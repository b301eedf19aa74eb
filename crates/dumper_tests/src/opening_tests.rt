//! Outputs that are opened: what is found of them, and what stands behind the Front.

use crate::samples::{FIRST, FIRST_FILE, VERSION_ONE, after_crash, empty_disk, looked_at, put};
use crate::untold_disk::UntoldDisk;
use cdc_base::{Key, gtrid_of};
use cdc_dumper::{Dumper, OpenFault, look};
use cdc_outside::{Disk, DiskFile, Failed};
use cdc_records::Front;
use std::alloc::Global;
use std::test::Fail;

// The Front of one transaction in 241 bytes, with this last key.
fn front_with(last: Option<Key>) -> Front {
    Front {
        count: 1,
        file: 1,
        length: 241,
        closed: false,
        first: 1,
        passed: 0,
        last,
    }
}

// What an opening finds of an output that has this slot and the first file.
fn found(alloc: Global, slot: &[u8]) -> Result<Option<Front>, Fail> {
    let mut disk = empty_disk(alloc, 3, 400, 16)?;
    put(&mut disk, DiskFile::SlotB, slot)?;
    put(&mut disk, DiskFile::Log(1), &FIRST_FILE)?;
    let seen = look(&mut disk)?;
    let dumper = Dumper::open(&mut disk)?;
    let front = dumper.published();
    Ok(if front == seen { Some(front) } else { None })
}

#[test]
fn both_versions_are_found(rt: HostRuntime) -> Result<(), Fail> {
    let alloc = rt.alloc();
    let Some(gtrid) = gtrid_of(b"g1") else {
        return Err(Fail::from("no id"));
    };
    let key = Key::Shared {
        timestamp: 10,
        gtrid,
    };
    let none = found(alloc, b"")?;
    assert!(rt; none == Some(Front::none()));
    let version_one = found(alloc, &VERSION_ONE)?;
    assert!(rt; version_one == Some(front_with(None)));
    let version_two = found(alloc, &FIRST)?;
    assert!(rt; version_two == Some(front_with(Some(key))));
    Ok(())
}

// An output of one transaction with seven bytes behind its Front, five in the next file, and two in the one behind.
fn with_rests(alloc: Global, slot: &[u8]) -> Result<UntoldDisk, Fail> {
    let mut disk = empty_disk(alloc, 3, 400, 16)?;
    put(&mut disk, DiskFile::SlotA, slot)?;
    put(&mut disk, DiskFile::Log(1), &[7u8; 248])?;
    put(&mut disk, DiskFile::Log(2), b"fives")?;
    put(&mut disk, DiskFile::Log(3), b"tw")?;
    Ok(disk)
}

// The lengths of the three files.
fn lengths(disk: &mut UntoldDisk) -> Result<[u64; 3], Failed> {
    let first = disk.length(DiskFile::Log(1))?;
    let second = disk.length(DiskFile::Log(2))?;
    let third = disk.length(DiskFile::Log(3))?;
    Ok([first, second, third])
}

// The lengths that an opening leaves behind a crash.
fn lengths_left(alloc: Global, slot: &[u8], pick: u8) -> Result<[u64; 3], Fail> {
    let mut disk = with_rests(alloc, slot)?;
    let _dumper = Dumper::open(&mut disk)?;
    let mut left = after_crash(alloc, &disk, pick)?;
    Ok(lengths(&mut left)?)
}

#[test]
fn what_stands_behind_the_front_is_cut_off(rt: HostRuntime) -> Result<(), Fail> {
    for pick in 0..4 {
        let one = lengths_left(rt.alloc(), &FIRST, pick)?;
        assert!(rt; one == [241, 0, 2], "pick {pick}: {one:?}");
        let none = lengths_left(rt.alloc(), b"", pick)?;
        assert!(rt; none == [0, 5, 2], "pick {pick}: {none:?}");
    }
    Ok(())
}

// The lengths that a look leaves.
fn lengths_looked_at(alloc: Global) -> Result<[u64; 3], Fail> {
    let mut disk = with_rests(alloc, &FIRST)?;
    let count = looked_at(&mut disk)?;
    if count != 1 {
        return Err(Fail::from("not found"));
    }
    Ok(lengths(&mut disk)?)
}

#[test]
fn a_look_leaves_all_as_it_is(rt: HostRuntime) -> Result<(), Fail> {
    let left = lengths_looked_at(rt.alloc())?;
    assert!(rt; left == [248, 5, 2], "{left:?}");
    Ok(())
}

// What an opening finds can't be lost: slot and file were written and not synced before.
fn kept_count(alloc: Global, pick: u8) -> Result<u64, Fail> {
    let mut disk = empty_disk(alloc, 3, 400, 16)?;
    disk.write_at(DiskFile::SlotA, 0, &FIRST)?;
    disk.write_at(DiskFile::Log(1), 0, &FIRST_FILE)?;
    let dumper = Dumper::open(&mut disk)?;
    let mut left = after_crash(alloc, &disk, pick)?;
    let front = look(&mut left)?;
    Ok(front.count.min(dumper.published().count))
}

#[test]
fn what_was_opened_stays(rt: HostRuntime) -> Result<(), Fail> {
    for pick in 0..4 {
        let count = kept_count(rt.alloc(), pick)?;
        assert!(rt; count == 1, "pick {pick}: {count}");
    }
    Ok(())
}

// What an output with this slot and so many bytes of the first file is refused with, by an opening and by a look.
fn refusal(alloc: Global, slot: &[u8], bytes: usize) -> Result<Option<OpenFault>, Fail> {
    let mut disk = empty_disk(alloc, 3, 400, 16)?;
    put(&mut disk, DiskFile::SlotA, slot)?;
    put(&mut disk, DiskFile::Log(1), &FIRST_FILE[..bytes.min(241)])?;
    let seen = match look(&mut disk) {
        Ok(_front) => None,
        Err(fault) => Some(fault),
    };
    let refused = match Dumper::open(&mut disk) {
        Ok(_dumper) => None,
        Err(fault) => Some(fault),
    };
    Ok(if refused == seen { refused } else { None })
}

// The payload has 26 bytes by its length, and 20 are there.
const TORN: [u8; 37] =
    *b"\x01\x01\0\0\0\0\0\0\0\x1a\0\0\0\0\0\0\0\x01\x01\0\0\0\0\0\0\0\x01\0\0\0\0\0\0\0\xf1\0\0";

#[test]
fn a_slot_that_is_torn_is_refused(rt: HostRuntime) -> Result<(), Fail> {
    let refused = refusal(rt.alloc(), &TORN, 241)?;
    assert!(rt; refused == Some(OpenFault::BadCell(DiskFile::SlotA)));
    Ok(())
}

#[test]
fn a_file_that_is_too_short_is_refused_with_both_lengths(rt: HostRuntime) -> Result<(), Fail> {
    let alloc = rt.alloc();
    for found in [240, 123, 1, 0] {
        let refused = refusal(alloc, &VERSION_ONE, found)?;
        let want = OpenFault::BadFront {
            kept: 241,
            found: found as u64,
        };
        assert!(rt; refused == Some(want), "{found}: {refused:?}");
    }
    let mut endless = FIRST;
    for at in 34..42 {
        endless[at] = 255;
    }
    let refused = refusal(alloc, &endless, 241)?;
    let want = OpenFault::BadFront {
        kept: u64::MAX,
        found: 241,
    };
    assert!(rt; refused == Some(want), "{refused:?}");
    Ok(())
}
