//! Ten units in groups, cut off at each call.

use crate::publishing::publish_rest;
use crate::samples::{after_crash, empty_disk};
use crate::ten::has_front;
use crate::untold_disk::UntoldDisk;
use cdc_dumper::Dumper;
use cdc_memory::MemDisk;
use std::alloc::Global;
use std::test::Fail;

// More calls than ten units take, published each by itself.
const CALLS: u64 = 200;

// How many units are published and appended when a run over a disk ends.
fn run(alloc: Global, disk: &mut UntoldDisk, group: u64) -> Result<(u64, u64), Fail> {
    let Ok(mut dumper) = Dumper::open(disk) else {
        return Ok((0, 0));
    };
    let _done = publish_rest(alloc, &mut dumper, disk, group)?;
    Ok((dumper.published().count, dumper.appended().count))
}

// Whether the files of a disk that is opened again are a front of the ten units, whole: those that were published, or
// all that were appended. And whether they are the ten once the rest was published.
fn goes_on(
    alloc: Global,
    disk: &mut UntoldDisk,
    group: u64,
    before: (u64, u64),
) -> Result<bool, Fail> {
    let Ok(mut dumper) = Dumper::open(disk) else {
        return Ok(false);
    };
    let count = dumper.published().count;
    if (count != before.0 && count != before.1) || !has_front(disk, count)? {
        return Ok(false);
    }
    Ok(publish_rest(alloc, &mut dumper, disk, group)? && has_front(disk, 10)?)
}

// Whether a run that was stopped at a call goes on behind a crash.
fn survives(alloc: Global, group: u64, stop: u64, pick: u8) -> Result<bool, Fail> {
    let mut disk = empty_disk(alloc, 3, 400, 100)?;
    disk.disk.stop_at(stop);
    let before = run(alloc, &mut disk, group)?;
    if stop == CALLS && before != (10, 10) {
        return Ok(false);
    }
    let mut left = after_crash(alloc, &disk, pick)?;
    goes_on(alloc, &mut left, group, before)
}

// The stop and the pick of a run in groups that doesn't go on, where there is one.
fn lost(alloc: Global, group: u64) -> Result<Option<(u64, u8)>, Fail> {
    for stop in 1..CALLS + 1 {
        for pick in 0..4 {
            if !survives(alloc, group, stop, pick)? {
                return Ok(Some((stop, pick)));
            }
        }
    }
    Ok(None)
}

#[test]
fn units_by_themselves_survive_each_stop(rt: HostRuntime) -> Result<(), Fail> {
    let lost = lost(rt.alloc(), 1)?;
    assert!(rt; lost.is_none(), "{lost:?}");
    Ok(())
}

#[test]
fn groups_of_two_survive_each_stop(rt: HostRuntime) -> Result<(), Fail> {
    let lost = lost(rt.alloc(), 2)?;
    assert!(rt; lost.is_none(), "{lost:?}");
    Ok(())
}

#[test]
fn groups_of_three_survive_each_stop(rt: HostRuntime) -> Result<(), Fail> {
    let lost = lost(rt.alloc(), 3)?;
    assert!(rt; lost.is_none(), "{lost:?}");
    Ok(())
}

#[test]
fn a_group_of_ten_survives_each_stop(rt: HostRuntime) -> Result<(), Fail> {
    let lost = lost(rt.alloc(), 10)?;
    assert!(rt; lost.is_none(), "{lost:?}");
    Ok(())
}

// Whether a run of which one call fails goes on where the same disk is opened again, without a crash.
fn goes_on_behind(alloc: Global, group: u64, call: u64) -> Result<bool, Fail> {
    let disk = MemDisk::new(alloc, 3, 400, 200, &[call])?;
    let mut disk = UntoldDisk { disk };
    let before = run(alloc, &mut disk, group)?;
    if disk.disk.fault_count() == 0 {
        return Ok(before == (10, 10));
    }
    Ok(before.0 < 10 && goes_on(alloc, &mut disk, group, before)?)
}

// The call of a run in groups behind whose failure it doesn't go on, where there is one.
fn lost_behind(alloc: Global, group: u64) -> Result<Option<u64>, Fail> {
    for call in 1..CALLS {
        if !goes_on_behind(alloc, group, call)? {
            return Ok(Some(call));
        }
    }
    Ok(None)
}

#[test]
fn a_failed_call_is_survived_without_a_crash(rt: HostRuntime) -> Result<(), Fail> {
    for group in [1, 2, 3, 10] {
        let lost = lost_behind(rt.alloc(), group)?;
        assert!(rt; lost.is_none(), "groups of {group}: {lost:?}");
    }
    Ok(())
}
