//! Tests of snapshots on a disk in memory: what is saved is read, whatever the disk does meanwhile, and damage is told.
#![tactic(auto)]

#[cfg(test)]
mod acts;
#[cfg(test)]
mod damages;
#[cfg(test)]
mod stops;
#[cfg(test)]
mod stories;
#[cfg(test)]
mod tells;
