//! Whether a replica may show such an answer: what a read finds, and pages.
#![tactic(auto)]

ghost use Rattle.std.specs.Prelude.{◌≡◌, ◌↔◌, IsTrue, IfOk};
ghost use Rattle.std.specs.List.{All};
ghost use Rattle.m3_model.specs.Contents.{key_of};
ghost use Rattle.m3_model.specs.Members.{IsIn};
ghost use Rattle.cluster_core.specs.Answers.{IsWantedUnexpired, IsFoundBy, AsksFor, IsPastKey, IsUpTo, GoesOn, IsPage};
ghost use Rattle.lawful_answers.specs.Shows.{IsAnswered, IsPaged};

use cluster_core::{ReplicaState, StepCall};
use equality::Same;
use event_facts::{
    ByKey, covers, has_point, is_below, is_gone, is_ordered, is_wanted, points_in, space_picked,
};
use m3_model::limits::MOST_PAGE_POINTS;
use m3_model::{Key, Memory, Page, Pick, Point, Rules, Series};
use placement_core::ascend;
use std::alloc::Global;

// Whether the points are sure ones that the read asks for.
fn finds_only(
    r: &ReplicaState,
    rules: &Rules,
    pick: &Pick,
    from: u64,
    to: u64,
    points: &[Point],
) -> bool
    ensures { IsTrue result ↔ All (λ p. IsIn r.now.sure p × IsWantedUnexpired rules.entry.now pick.now from to p) points.now }
{
    let sure = r.sure.as_slice();
    points.iter().all(|p| has_point(sure, p) && is_wanted(rules, pick, from, to, p))
}

#[tactic(auto, unfolding(crate::specs::Shows::IsAnswered))]
fn is_answered(
    r: &ReplicaState,
    rules: &Rules,
    pick: &Pick,
    from: u64,
    to: u64,
    points: &[Point],
    point: &Point,
) -> bool
    ensures { IsTrue result ↔ IsAnswered r.now rules.entry.now pick.now from to points.now point.now }
{
    if is_gone(r, point) {
        return true;
    }
    if !is_wanted(rules, pick, from, to, point) {
        return true;
    }
    covers(points, point)
}

// Whether the points cover each sure one that the read asks for and that isn't gone.
fn finds_all(
    r: &ReplicaState,
    rules: &Rules,
    pick: &Pick,
    from: u64,
    to: u64,
    points: &[Point],
) -> bool
    ensures { IsTrue result ↔ All (IsAnswered r.now rules.entry.now pick.now from to points.now) r.now.sure }
{
    r.sure
        .as_slice()
        .iter()
        .all(|p| is_answered(r, rules, pick, from, to, points, p))
}

/// Whether the series are what a read of the replica may find. Refused only for want of memory.
#[tactic(auto, unfolding(crate::specs::Shows::IsAnswered))]
pub fn is_found(
    alloc: Global,
    r: &ReplicaState,
    rules: &Rules,
    pick: &Pick,
    from: u64,
    to: u64,
    series: &[Series],
) -> Result<bool, Memory>
    ensures { IfOk result (λ b. IsTrue b ↔ IsFoundBy r.now rules.entry.now pick.now from to series.now) }
{
    let points = points_in(alloc, space_picked(pick), series)?;
    let only = finds_only(r, rules, pick, from, to, &points);
    let all = finds_all(r, rules, pick, from, to, &points);
    Ok(only && all && is_ordered(series))
}

fn is_past(from: &Option<Key>, point: &Point) -> bool
    ensures { IsTrue result ↔ IsPastKey from.now (key_of point.now) }
{
    match from {
        None => true,
        Some(key) => is_below(key, point),
    }
}

fn is_up_to(next: &Option<Key>, point: &Point) -> bool
    ensures { IsTrue result ↔ IsUpTo next.now (key_of point.now) }
{
    match next {
        None => true,
        Some(key) => !is_below(key, point),
    }
}

fn asks_for(call: &StepCall, point: &Point) -> bool
    ensures { IsTrue result ↔ AsksFor call.now point.now }
{
    match call {
        StepCall::Page { after } => is_past(after, point),
        StepCall::Block {
            ns,
            start,
            size,
            after,
        } => {
            is_past(after, point)
                && point.ns == *ns
                && *start <= point.t
                && point.t - *start < *size
        }
        _ => false,
    }
}

fn is_key_of(key: &Key, point: &Point) -> bool
    ensures { IsTrue result ↔ (key_of point.now ≡ key.now) }
{
    point.ns == key.ns && point.t == key.t && point.id.is_same(&key.id)
}

fn goes_on(r: &ReplicaState, call: &StepCall, page: &Page, next: &Key) -> bool
    ensures { IsTrue result ↔ GoesOn r.now call.now page.now next.now }
{
    let points = page.points.as_slice();
    match points.get(63) {
        Some(last) => {
            points.len() == MOST_PAGE_POINTS
                && is_key_of(next, last)
                && r.sure
                    .as_slice()
                    .iter()
                    .any(|p| asks_for(call, p) && is_below(next, p))
        }
        None => false,
    }
}

fn has_only(r: &ReplicaState, call: &StepCall, points: &[Point]) -> bool
    ensures { IsTrue result ↔ All (λ p. IsIn r.now.sure p × AsksFor call.now p) points.now }
{
    points
        .iter()
        .all(|p| has_point(r.sure.as_slice(), p) && asks_for(call, p))
}

#[tactic(auto, unfolding(crate::specs::Shows::IsPaged))]
fn is_paged(r: &ReplicaState, call: &StepCall, page: &Page, point: &Point) -> bool
    ensures { IsTrue result ↔ IsPaged r.now call.now page.now point.now }
{
    if is_gone(r, point) {
        return true;
    }
    if !asks_for(call, point) {
        return true;
    }
    if !is_up_to(&page.next, point) {
        return true;
    }
    covers(page.points.as_slice(), point)
}

fn has_all(r: &ReplicaState, call: &StepCall, page: &Page) -> bool
    ensures { IsTrue result ↔ All (IsPaged r.now call.now page.now) r.now.sure }
{
    r.sure.as_slice().iter().all(|p| is_paged(r, call, page, p))
}

/// Whether the page is what the replica may give at this call.
#[tactic(auto, unfolding(crate::specs::Shows::IsPaged))]
pub fn is_page(r: &ReplicaState, call: &StepCall, page: &Page) -> bool
    ensures { IsTrue result ↔ IsPage r.now call.now page.now }
{
    let points = page.points.as_slice();
    let next = match &page.next {
        None => true,
        Some(next) => goes_on(r, call, page, next),
    };
    has_only(r, call, points)
        && has_all(r, call, page)
        && ascend::<Point, ByKey>(points)
        && points.len() <= MOST_PAGE_POINTS
        && next
}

#####

● Task statement
In the records above, find the line containing "this last key." and restate word for word every line from the first through that one.

● Solution to this exercise
repository b301eedf19aa74eb
filename crates/dumper_tests/src/opening_tests.rt
//! Outputs that are opened: what is found of them, and what stands behind the Front.

use crate::samples::{FIRST, FIRST_FILE, VERSION_ONE, after_crash, empty_disk, looked_at, put};
use crate::untold_disk::UntoldDisk;
use cdc_base::{Key, gtrid_of};
use cdc_dumper::{Dumper, OpenFault, look};
use cdc_outside::{Disk, DiskFile, Failed};
use cdc_records::Front;
use std::alloc::Global;
use std::test::Fail;

// The Front of one transaction in 241 bytes, with this last key.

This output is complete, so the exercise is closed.